LSTM vs LSTMCell different results with same hidden states?

shivammehta007 · July 21, 2022, 10:14am

Let’s say I want to use nn.LSTM as an nn.LSTMCell I initialize these two modules

lstm = nn.LSTM(5, 10, batch_first=True)
cell = nn.LSTMCell(5, 10)

I set their hidden and cell states as equal

cell.weight_ih.data = lstm.weight_ih_l0.data
cell.weight_hh.data = lstm.weight_hh_l0.data
cell.bias_ih.data = lstm.bias_ih_l0.data
cell.bias_hh.data = lstm.bias_hh_l0.data

Initialize the hidden states and an input

h, c = torch.zeros(1, 10), torch.zeros(1, 10)
inp = torch.randn(1, 2, 5)

Run this through lstmcell and lstm

# Cell
h1, c1 = cell(inp[:, 0], (h, c))
h2, c2 = cell(inp[:, 1], (h1, c1))

# LSTM
o_l1 , (h_l1, c_l1) = lstm(inp, (h.unsqueeze(1), c.unsqueeze(1)))

# This all makes sense
assert torch.isclose(h_l1, h2).all()
assert torch.isclose(o_l1[:, 0], h1).all()
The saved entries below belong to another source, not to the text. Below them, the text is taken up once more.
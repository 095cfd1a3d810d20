// Connect, Post, Hand and Tick.
ghost use Rattle.std.specs.Prelude.{◌≡◌, ℕ, ◌∷◌, [], All, IfOk, take};
ghost use Rattle.dk_types.specs.declared.event.Event.TheVariants as event;
ghost use Rattle.dk_model.specs.Events.{is_open as is_open_in, outbox};
ghost use Rattle.dk_model.specs.Lawful.{HasShortBody, IsInput};
ghost use Rattle.dk_core.specs.Answers.{Connected, Posted, Hands};
ghost use Rattle.dk_core.specs.Cores.{world_of, Adds, IsStanding, KeepsReady};

use crate::answers::ConnectRefused;
use crate::world::Core;
use dk_connections::{Handed, PostRefused};
use dk_types::limits::{MOMENT_MOST_MS, NUMBERS_END};
use dk_types::{ConnNo, Input, Listed, Name, NoMemory, Out};

impl Core {
    /// Makes a connection, whose login waits.
    pub fn connect(&mut self, name: &Name) -> Result<ConnNo, ConnectRefused>
        ensures event { Connected self.old self.new name.now result }
        ensures ready { KeepsReady self.old self.new }
    {
        // What holds of every name is seen where its bytes are.
        let _bytes = name.as_slice();
        let next = self.claims.next();
        if NUMBERS_END <= next {
            return Err(ConnectRefused::Exhausted { next });
        }
        let conn = ConnNo(next);
        self.connections.connect(conn, name)?;
        self.claims.draw();
        Ok(conn)
    }

    /// Puts an input last in its connection's queue. A Disconnect takes no memory.
    pub fn post(&mut self, conn: ConnNo, input: Input) -> Result<(), PostRefused>
        requires within { IsInput input }
        ensures event { Posted self.old self.new conn input result }
        ensures ready { KeepsReady self.old self.new }
    {
        self.connections.post(conn, input)
    }

    /// Whether a connection is there and not closed.
    pub fn is_open(&self, conn: ConnNo) -> bool
        ensures { result ≡ is_open_in (world_of self.now) conn }
    {
        self.connections.is_open(conn)
    }

    /// Copies of the messages that a hand of at most so many would give. They stay.
    pub fn copy_messages(&self, conn: ConnNo, most: u32) -> Result<Listed<Out>, NoMemory>
        ensures { IfOk result (λ copies. copies ≡ take most (outbox (world_of self.now) conn)) }
    {
        self.connections.copy_first(conn, most)
    }

    /// Hands a connection's first messages, `most` of them or all, none with a body that is too long; `end` says whether it is gone.
    pub fn hand(&mut self, conn: ConnNo, most: u32) -> Result<Handed, NoMemory>
        ensures hands { Hands self.old self.new conn most result }
        ensures ready { KeepsReady self.old self.new }
        ensures bodies { IsStanding self.old → IfOk result (λ handed. All HasShortBody handed.outs) }
    {
        self.connections.hand(conn, most)
    }

    /// Time goes on to a moment, in ms, and never back. It takes no memory.
    pub fn tick(&mut self, moment: u64)
        ensures event { (pass : ℕ) → Adds self.old self.new (event.Tick pass moment ∷ []) }
        ensures ready { KeepsReady self.old self.new }
    {
        self.moment = self.moment.max(moment.min(MOMENT_MOST_MS));
    }
}
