//! A claimed run.
ghost use Rattle.std.specs.Prelude.{◌≡◌, IfOk};

use dk_types::{Job, NoMemory, RunNo};

/// A run that was claimed: its number, its job and its moment, in ms. One that is dropped leaves its job claimed.
#[derive(Debug, Drop)]
pub struct Claimed {
    pub(crate) run: RunNo,
    pub(crate) pass: u32,
    pub(crate) at: u64,
    pub(crate) job: Job,
}

impl Claimed {
    /// The number of the run.
    pub fn run(&self) -> RunNo
        ensures { result ≡ self.now.run }
    {
        self.run
    }

    /// The pass that it was granted to.
    pub fn pass(&self) -> u32
        ensures { result ≡ self.now.pass }
    {
        self.pass
    }

    /// The moment of the claim, in ms.
    pub fn at(&self) -> u64
        ensures { result ≡ self.now.at }
    {
        self.at
    }

    /// What is to be run.
    pub fn job(&self) -> &Job
        ensures { result.now ≡ self.now.job }
    {
        &self.job
    }

    /// A copy of the job, since it may have to be run again.
    pub fn copy_job(&self) -> Result<Job, NoMemory>
        ensures { IfOk result (λ copy. copy ≡ self.now.job) }
    {
        Ok(self.job.clone()?)
    }
}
But now if I use the LSTM and pass the input with hidden states generated by the LSTMCell.

o_l2, (h_l2, c_l2) = lstm(inp[:, 1].unsqueeze(1), (h1.unsqueeze(1), h1.unsqueeze(1)))

print(h_l2)
# tensor([[[ 0.0331, -0.0655, -0.0764,  0.0269, -0.1706, -0.0454,  0.0769,
#           0.0008, -0.0629, -0.1064]]], grad_fn=<StackBackward0>)
print(h2)
# tensor([[ 0.0454, -0.0672, -0.0577,  0.0335, -0.1670, -0.0498,  0.0721,  0.0143,
#         -0.0400, -0.1339]], grad_fn=<MulBackward0>)

h_l2 and h2 appear to be different. Is there something wrong that I am doing? I was expecting it generates the same values.
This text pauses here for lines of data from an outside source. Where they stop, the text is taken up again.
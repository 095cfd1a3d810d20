// Commits.
ghost use Rattle.std.specs.Prelude.{◌≡◌, ◌+◌, IfErr};
ghost use Rattle.dk_core.specs.Answers.{Commits, CommitsOrTells, HasRoomFor, IsPrepared, IsReady, Prepares, Readies, TellsStale};
ghost use Rattle.dk_core.specs.Cores.{HasMoreRoom, IsGranted, AddsNothing};

use crate::answers::PrepareRefused;
use crate::claimed::Claimed;
use crate::prepared::Prepared;
use crate::world::Core;
use dk_connections::Deliveries;
use dk_txn::Finished;

impl Core {
    /// Looks whether all reads of a finished run stand, and makes what its commit needs. Nothing is entered. The room of its
    /// messages is in what is told; the room of its effects stays in the world, where commits alone take of it.
    #[tactic(auto, using(crate::proofs::Stales::tells_stale))]
    pub fn prepare(
        &mut self,
        claimed: &Claimed,
        finished: &Finished,
    ) -> Result<Prepared, PrepareRefused>
        requires granted { IsGranted self.old claimed.now }
        ensures same { HasMoreRoom self.old self.new }
        ensures prepares { Prepares self.old self.new claimed.now finished.now result }
        ensures stale { IfErr result (λ refused. TellsStale self.old finished.now refused) }
        ensures granted { IsGranted self.new claimed.now }
        ensures stays { AddsNothing self.old self.new }
    {
        let deliveries = self.make_ready(finished)?;
        let seq = self.world.commits() + 1;
        let effects = finished.effects();
        Ok(Prepared::new(seq, claimed.run, effects, deliveries))
    }

    /// Looks whether all reads of a finished run stand, and makes the room of its commit: that of its messages is told, and
    /// that of its effects stays in the world.
    fn make_ready(&mut self, finished: &Finished) -> Result<Deliveries, PrepareRefused>
        ensures same { HasMoreRoom self.old self.new }
        ensures ready { Readies self.old self.new finished.now result }
        ensures stays { AddsNothing self.old self.new }
    {
        if let Some(changed) = self.world.first_conflict(finished.reads())? {
            return Err(PrepareRefused::Retry(changed));
        }
        let deliveries = Deliveries::new(self.alloc, finished.outs())?;
        self.world.reserve_for(finished)?;
        Ok(deliveries)
    }

    /// Enters the commit of a finished run for which all was prepared and since whose `prepare` no commit was entered, and
    /// tells its number. It takes no memory.
    pub fn publish(&mut self, claimed: Claimed, finished: Finished, prepared: Prepared) -> u64
        requires granted { IsGranted self.old claimed }
        requires prepared { IsPrepared self.old claimed finished prepared }
        requires room { HasRoomFor self.old finished }
        ensures number { result ≡ self.old.world.commits + 1 }
        ensures commits { Commits self.old self.new claimed finished result }
    {
        let Prepared { deliveries, .. } = prepared;
        self.enter(claimed, finished, deliveries)
    }

    /// Enters the commit of a finished run whose room is made.
    fn enter(&mut self, claimed: Claimed, finished: Finished, deliveries: Deliveries) -> u64
        requires granted { IsGranted self.old claimed }
        requires ready { IsReady self.old finished deliveries }
        requires room { HasRoomFor self.old finished }
        ensures number { result ≡ self.old.world.commits + 1 }
        ensures commits { Commits self.old self.new claimed finished result }
    {
        let Claimed { run, job, .. } = claimed;
        let seq = self.world.commit(finished, run);
        self.claims.end(run);
        self.free_task(&job);
        self.connections.deliver(&job, deliveries);
        seq
    }

    /// Commits a finished run where all its reads stand, and tells the number of the commit. Refused, the claim is handed
    /// back and nothing is entered. It is `prepare` and `publish` in one, without the entry, which no one asks for here.
    pub fn commit(
        &mut self,
        claimed: Claimed,
        finished: Finished,
    ) -> Result<u64, (Claimed, PrepareRefused)>
        requires granted { IsGranted self.old claimed }
        ensures { CommitsOrTells self.old self.new claimed finished result }
    {
        match self.make_ready(&finished) {
            Ok(deliveries) => Ok(self.enter(claimed, finished, deliveries)),
            Err(refused) => Err((claimed, refused)),
        }
    }
}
Here is the colab link to this scenario.

Thank you for the help.

InnovArul · July 21, 2022, 11:17am

I think there is a typo. Instead of c1, you seem to pass h1?

shivammehta007 · July 21, 2022, 11:19am

Ah! I am so sorry, for this mistake and thank you for pointing it out!

InnovArul · July 21, 2022, 11:20am

It happens And thanks for giving reproducible code as well.